We compared the performance of the proposed algorithm with linear interpolation, Telea’s in-painting , Criminisi’s in-painting , and Spiral weighted average algorithms . In Figs. 8, 9 and 10, the generated virtual views by five different algorithms are shown. In Figs. 8(f), 9(f) and 10(f), the holes were filled by the proposed algorithm and we obtained a more natural virtual-view than that of other algorithms. The results of the proposed algorithms are also uploaded on our ftp server (ftp://22.214.171.124, ID:guest).
Fig. 8.Generated virtual views for the ‘David’ sequence: (a) Before processing; (b) Linear interpolation; (c) Telea’s in-painting; (d) Criminisi’s in-painting; (e) Spiral weighted average method; (f) Proposed method
Fig. 9.Generated virtual views for ‘Roundtable’ sequence: (a) Before processing; (b) Linear interpolation; (c) Telea’s in-painting; (d) Criminisi’s in-painting; (e) Spiral weighted average method; (f) Proposed method
Fig. 10.Generated virtual views for ‘Bookshelf’ sequence: (a) Before processing; (b) Linear interpolation; (c) Telea’s in-painting; (d) Criminisi’s in-painting; (e) Spiral weighted average method; (f) Proposed method
Fig. 11 shows the difference image of the current and previous frames. Fig. 12 shows the temporal variations of PSNR between two successive frames. As shown in Fig. 11(b) and Fig. 12, the flickering phenomenon is greatly reduced by the proposed algorithm.
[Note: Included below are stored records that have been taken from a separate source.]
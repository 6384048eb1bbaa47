//! The rounds of the flusher.
ghost use Rattle.std.specs.Prelude.{◌≡◌};
ghost use Rattle.psu_turn.specs.Seats.{IsOf};
ghost use Rattle.psu_exec.specs.Shown.{over_of};
ghost use Rattle.psu_bench.specs.Callers.{MakesRound, MakesRounds, ending_of, over_sessions};

use crate::operations::{GiveBack, Take};
use crate::{Bench, Gate, Point, Seat};
use psu_disk::Disk;
use psu_exec::{End, NoJob, Sessions, Stranger};
use psu_items::UnstartedCause;
use std::alloc::Allocator;
use std::sync::Wait;

/// How a job ended.
#[derive(Clone, Copy, Debug, PartialEq, Eq)]
pub enum JobEnding {
    /// Its changes are stored.
    Stored,
    /// The store that broke is open again.
    Reopened,
    /// The store broke, or could not be opened again.
    Broken,
    /// Nothing was stored: the store has used up its numbers.
    Worn,
    /// Nothing was stored: an allocation failed.
    OutOfMemory,
}

impl JobEnding {
    // Returns how a finished job ended.
    fn of<D: Disk, A: Allocator + Copy>(end: &End<D, A>) -> JobEnding
        ensures { result ≡ ending_of end.now }
    {
        match end {
            End::Stored(_) => JobEnding::Stored,
            End::Reopened(_) => JobEnding::Reopened,
            End::Broken(_) => JobEnding::Broken,
            End::Unstarted(_, _, UnstartedCause::Worn) => JobEnding::Worn,
            End::Unstarted(_, _, UnstartedCause::Memory) => JobEnding::OutOfMemory,
        }
    }
}

impl<D: Disk + Drop, A: Allocator + Copy> Bench<D, A> {
    /// Makes a round: takes a job, runs it outside the turn, and gives back its result. The gate is called before the job
    /// is run. Returns how the job ended, with the sessions whose waits are over, or why there is no job.
    pub fn round<R: Wait, G: Gate>(
        &self,
        rt: &R,
        seat: &mut Seat,
        gate: &G,
    ) -> Result<(JobEnding, Sessions), NoJob>
        requires own { IsOf self.now seat.old }
        ensures calls { MakesRound A D.Disk result seat.old seat.new }
        ensures own { IsOf self.now seat.new }
    {
        let job = self.call(rt, seat, Take)?;
        gate.at(Point::BeforeRun);
        let finished = job.run();
        let ending = JobEnding::of(finished.end());
        let given = self.call(rt, seat, GiveBack(finished));
        Ok((ending, sessions_over(given)))
    }
}

// Returns the sessions whose waits are over. A stranger ends none here, and is discarded; a finished job is none where
// its job was taken of the same bench.
fn sessions_over<D: Disk + Drop, A: Allocator + Copy>(
    given: Result<Sessions, Stranger<D, A>>,
) -> Sessions
    ensures { result ≡ over_sessions (over_of given) }
{
    match given {
        Ok(over) => over,
        Err(stranger) => {
            stranger.discard();
            Sessions::new()
        }
    }
}

/// Makes this number of rounds. With one round it returns at once. It is for a program without the server, whose own
/// flusher (psu_threads) also reports what each round has caused.
pub fn flusher<D: Disk + Drop, A: Allocator + Copy, R: Wait, G: Gate>(
    rt: &R,
    bench: &Bench<D, A>,
    mut seat: Seat,
    rounds: u64,
    gate: &G,
) -> Seat
    requires own { IsOf bench.now seat }
    ensures calls { MakesRounds A D.Disk rounds seat result }
    ensures own { IsOf bench.now result }
{
    for _ in 0..rounds {
        let _made = bench.round(rt, &mut seat, gate);
    }
    seat
}
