//! The operations of the device, each with what it does.
ghost use Rattle.std.specs.Prelude.{refl};
ghost use Rattle.std.specs.Result.{result_ok};
ghost use Rattle.psu_exec.specs.Calls.Entry.{Took, GaveBack, Opened, Closed, Cleared, Sent, Delivered, Queried, Fetched, Notified, Locked, Released, Ticked, Informed, Due};
ghost use Rattle.psu_exec.specs.Shown.{outcome_of, over_of};
ghost use Rattle.psu_exec.specs.Jobs.{finished_of, taken_of};
ghost use Rattle.psu_bench.specs.Tries.{tried};

use crate::machine::{Operation, QuietOperation};
use psu_disk::Disk;
use psu_exec::{
    Crowded, Exec, Finished, Freed, Grant, Info, Job, Kind, LockRefusal, NoJob, Notifications,
    Outcome, Request, Session, Sessions, Stranger,
};
use std::alloc::Allocator;

/// How a unit of a session is tried.
#[derive(Drop)]
pub enum Try<'r, 't> {
    /// The unit is executed.
    Execute(&'r Request<'t>),
    /// The unit waits, and the result of its wait is asked for.
    Settle,
}

/// Tries a unit of a session: executes it, or returns the result of its wait; Later if the session isn't open.
#[derive(Drop)]
pub struct TryUnit<'r, 't>(pub Session, pub Try<'r, 't>);

impl<'r, 't, D: Disk, A: Allocator + Copy> Operation<D, A> for TryUnit<'r, 't> {
    type Reply = Outcome<A>;

    ghost entry = { λ o reply. tried o.0 o.1 (outcome_of reply) };

    fn perform(self, exec: &mut Exec<D, A>) -> Outcome<A> {
        match self.1 {
            Try::Execute(request) => exec.execute(self.0, request),
            Try::Settle => exec.settle(self.0),
        }
    }
}

/// Takes a job.
#[derive(Drop)]
pub struct Take;

impl<D: Disk, A: Allocator + Copy> Operation<D, A> for Take {
    type Reply = Result<Job<D, A>, NoJob>;

    ghost entry = { λ _ reply. Took (taken_of reply) };

    fn perform(self, exec: &mut Exec<D, A>) -> Result<Job<D, A>, NoJob> {
        exec.take()
    }
}

/// Gives back a finished job.
pub struct GiveBack<D: Disk, A: Allocator + Copy>(pub Finished<D, A>);

impl<D: Disk, A: Allocator + Copy> Operation<D, A> for GiveBack<D, A> {
    type Reply = Result<Sessions, Stranger<D, A>>;

    ghost entry = { λ o reply. GaveBack (finished_of o.0.end) (over_of reply) };

    fn perform(self, exec: &mut Exec<D, A>) -> Result<Sessions, Stranger<D, A>> {
        let GiveBack(finished) = self;
        exec.give_back(finished)
    }
}

/// Opens a session under the least free number.
#[derive(Drop)]
pub struct OpenSession;

impl<D: Disk, A: Allocator + Copy> Operation<D, A> for OpenSession {
    type Reply = Result<Session, Crowded>;

    ghost entry = { λ _ reply. Opened (result_ok reply) };

    fn perform(self, exec: &mut Exec<D, A>) -> Result<Session, Crowded> {
        exec.open_session()
    }
}

/// Closes a session if it is open. Returns the sessions whose lock requests were then granted.
#[derive(Drop)]
pub struct CloseSession(pub Session);

impl<D: Disk, A: Allocator + Copy> Operation<D, A> for CloseSession {
    type Reply = Sessions;

    ghost entry = { λ o reply. Closed o.0 reply };

    fn perform(self, exec: &mut Exec<D, A>) -> Sessions {
        exec.close_session(self.0)
    }
}

/// Drops the wait of a session if it is open.
#[derive(Drop)]
pub struct Clear(pub Session);

impl<D: Disk, A: Allocator + Copy> Operation<D, A> for Clear {
    type Reply = ();

    ghost entry = { λ o _. Cleared o.0 };

    fn perform(self, exec: &mut Exec<D, A>) {
        exec.clear(self.0);
    }
}

/// If a session is open, records that a response was sent to it. Returns the notifications after that.
#[derive(Drop)]
pub struct MarkSent(pub Session);

impl<D: Disk, A: Allocator + Copy> Operation<D, A> for MarkSent {
    type Reply = Notifications;

    ghost entry = { λ o reply. Sent o.0 reply.requesting reply.has_work };

    fn perform(self, exec: &mut Exec<D, A>) -> Notifications {
        exec.mark_sent(self.0)
    }
}

/// If a session is open, records that what was sent to it is delivered.
#[derive(Drop)]
pub struct MarkDelivered(pub Session);

impl<D: Disk, A: Allocator + Copy> Operation<D, A> for MarkDelivered {
    type Reply = ();

    ghost entry = { λ o _. Delivered o.0 };

    fn perform(self, exec: &mut Exec<D, A>) {
        exec.mark_delivered(self.0);
    }
}

/// Returns the response to a status query; 0 if the session isn't open.
#[derive(Drop)]
pub struct Query(pub Session);

impl<D: Disk, A: Allocator + Copy> Operation<D, A> for Query {
    type Reply = u8;

    ghost entry = { λ o reply. Queried o.0 reply };

    fn perform(self, exec: &mut Exec<D, A>) -> u8 {
        exec.query(self.0)
    }
}

/// Fetches the service request of a session; none if it isn't open.
#[derive(Drop)]
pub struct Fetch(pub Session);

impl<D: Disk, A: Allocator + Copy> Operation<D, A> for Fetch {
    type Reply = Option<u8>;

    ghost entry = { λ o reply. Fetched o.0 reply };

    fn perform(self, exec: &mut Exec<D, A>) -> Option<u8> {
        exec.fetch(self.0)
    }
}

/// Returns the sessions that have requested service since the last such call, and whether a take would return a job.
#[derive(Drop)]
pub struct Notify;

impl<D: Disk, A: Allocator + Copy> Operation<D, A> for Notify {
    type Reply = Notifications;

    ghost entry = { λ _ reply. Notified reply.requesting reply.has_work };

    fn perform(self, exec: &mut Exec<D, A>) -> Notifications {
        exec.take_notifications()
    }
}

/// Requests a lock for a session. `now` and `timeout` are in milliseconds. `Failed` if the session isn't open.
#[derive(Drop)]
pub struct Lock {
    pub session: Session,
    pub kind: Kind,
    pub now: u64,
    pub timeout: u32,
}

impl<D: Disk, A: Allocator + Copy> Operation<D, A> for Lock {
    type Reply = Result<Grant, LockRefusal>;

    ghost entry = { λ o reply. Locked o.session o.kind o.now o.timeout reply };

    fn perform(self, exec: &mut Exec<D, A>) -> Result<Grant, LockRefusal> {
        exec.lock(self.session, self.kind, self.now, self.timeout)
    }
}

/// Releases a lock of a session, and returns the sessions whose lock requests were then granted. A session that isn't
/// open holds none.
#[derive(Drop)]
pub struct Release(pub Session);

impl<D: Disk, A: Allocator + Copy> Operation<D, A> for Release {
    type Reply = Result<(Freed, Sessions), LockRefusal>;

    ghost entry = { λ o reply. Released o.0 reply };

    fn perform(self, exec: &mut Exec<D, A>) -> Result<(Freed, Sessions), LockRefusal> {
        exec.release(self.0)
    }
}

/// Fails the lock requests whose timeout has expired, and returns their sessions.
#[derive(Drop)]
pub struct Tick(pub u64);

impl<D: Disk, A: Allocator + Copy> Operation<D, A> for Tick {
    type Reply = Sessions;

    ghost entry = { λ o reply. Ticked o.0 reply };

    fn perform(self, exec: &mut Exec<D, A>) -> Sessions {
        exec.tick(self.0)
    }
}

/// Returns whether the exclusive lock is held, and how many sessions hold a lock.
#[derive(Drop)]
pub struct Inform;

impl<D: Disk, A: Allocator + Copy> Operation<D, A> for Inform {
    type Reply = Info;

    ghost entry = { λ _ reply. Informed reply };

    fn perform(self, exec: &mut Exec<D, A>) -> Info {
        exec.inform()
    }
}

/// Returns the earliest time at which a waiting lock request fails, in milliseconds, if one waits.
#[derive(Drop)]
pub struct NextDeadline;

impl<D: Disk, A: Allocator + Copy> Operation<D, A> for NextDeadline {
    type Reply = Option<u128>;

    ghost entry = { λ _ reply. Due reply };

    fn perform(self, exec: &mut Exec<D, A>) -> Option<u128> {
        exec.next_deadline()
    }
}

impl<D: Disk, A: Allocator + Copy> QuietOperation<D, A> for Clear {
    ghost quiet = { λ operation reply. refl };
}

impl<D: Disk, A: Allocator + Copy> QuietOperation<D, A> for MarkDelivered {
    ghost quiet = { λ operation reply. refl };
}

impl<D: Disk, A: Allocator + Copy> QuietOperation<D, A> for Query {
    ghost quiet = { λ operation reply. refl };
}

impl<D: Disk, A: Allocator + Copy> QuietOperation<D, A> for Fetch {
    ghost quiet = { λ operation reply. refl };
}

impl<D: Disk, A: Allocator + Copy> QuietOperation<D, A> for Inform {
    ghost quiet = { λ operation reply. refl };
}

impl<D: Disk, A: Allocator + Copy> QuietOperation<D, A> for NextDeadline {
    ghost quiet = { λ operation reply. refl };
}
Fig. 11.Images showing the difference of the current and previous frames after hole filling: (a) Before flickering pixel processing; (b) After flickering pixel processing
Fig. 12.Temporal variation of the PSNR on successive frames
Table 1 shows the average PSNR between 30 successive frames before and after applying the flickering process. The PNSR of the proposed method is greater than that of original method. It is clear that the flickering phenomenon is greatly reduced by the proposed algorithm.
Table1.PSNR between successive frames
Table 2 and Table 3 show specifications of the computer used in this experiment and the computational time of the hole filling process for each algorithm, respectively. From Table 2, it is clear that the proposed algorithm is faster than Criminisi’s In-painting algorithm and as fast as the spiral weighted average algorithm.
Table 2.Computer spec. used in the experiments
Table 3.Performance comparison (processing speed)
Table 4 shows the computational time of each process in the proposed algorithm. To reduce the processing time, we implemented the joint bilateral filtering with GPU programming and thus the proposed algorithm can be implemented for some of real-time applications.
Table4.Computational time of each process
In this paper, we proposed a new virtual-view synthesis algorithm by using the Kinect camera system for real-time application. In the proposed algorithm, we enhanced the quality of the obtained depth map by correcting the wrong depth values and used a joint bilateral filter to fill holes. We also reduced the flickering phenomenon in the obtained depth map.
We finally synthesized the virtual-view by using the 3D warping algorithm and removed disocclusion regions by using a block based gradient searching algorithm. Experimental results show that the proposed algorithm resulted in a better quality of the synthesized virtual-view image even in real time.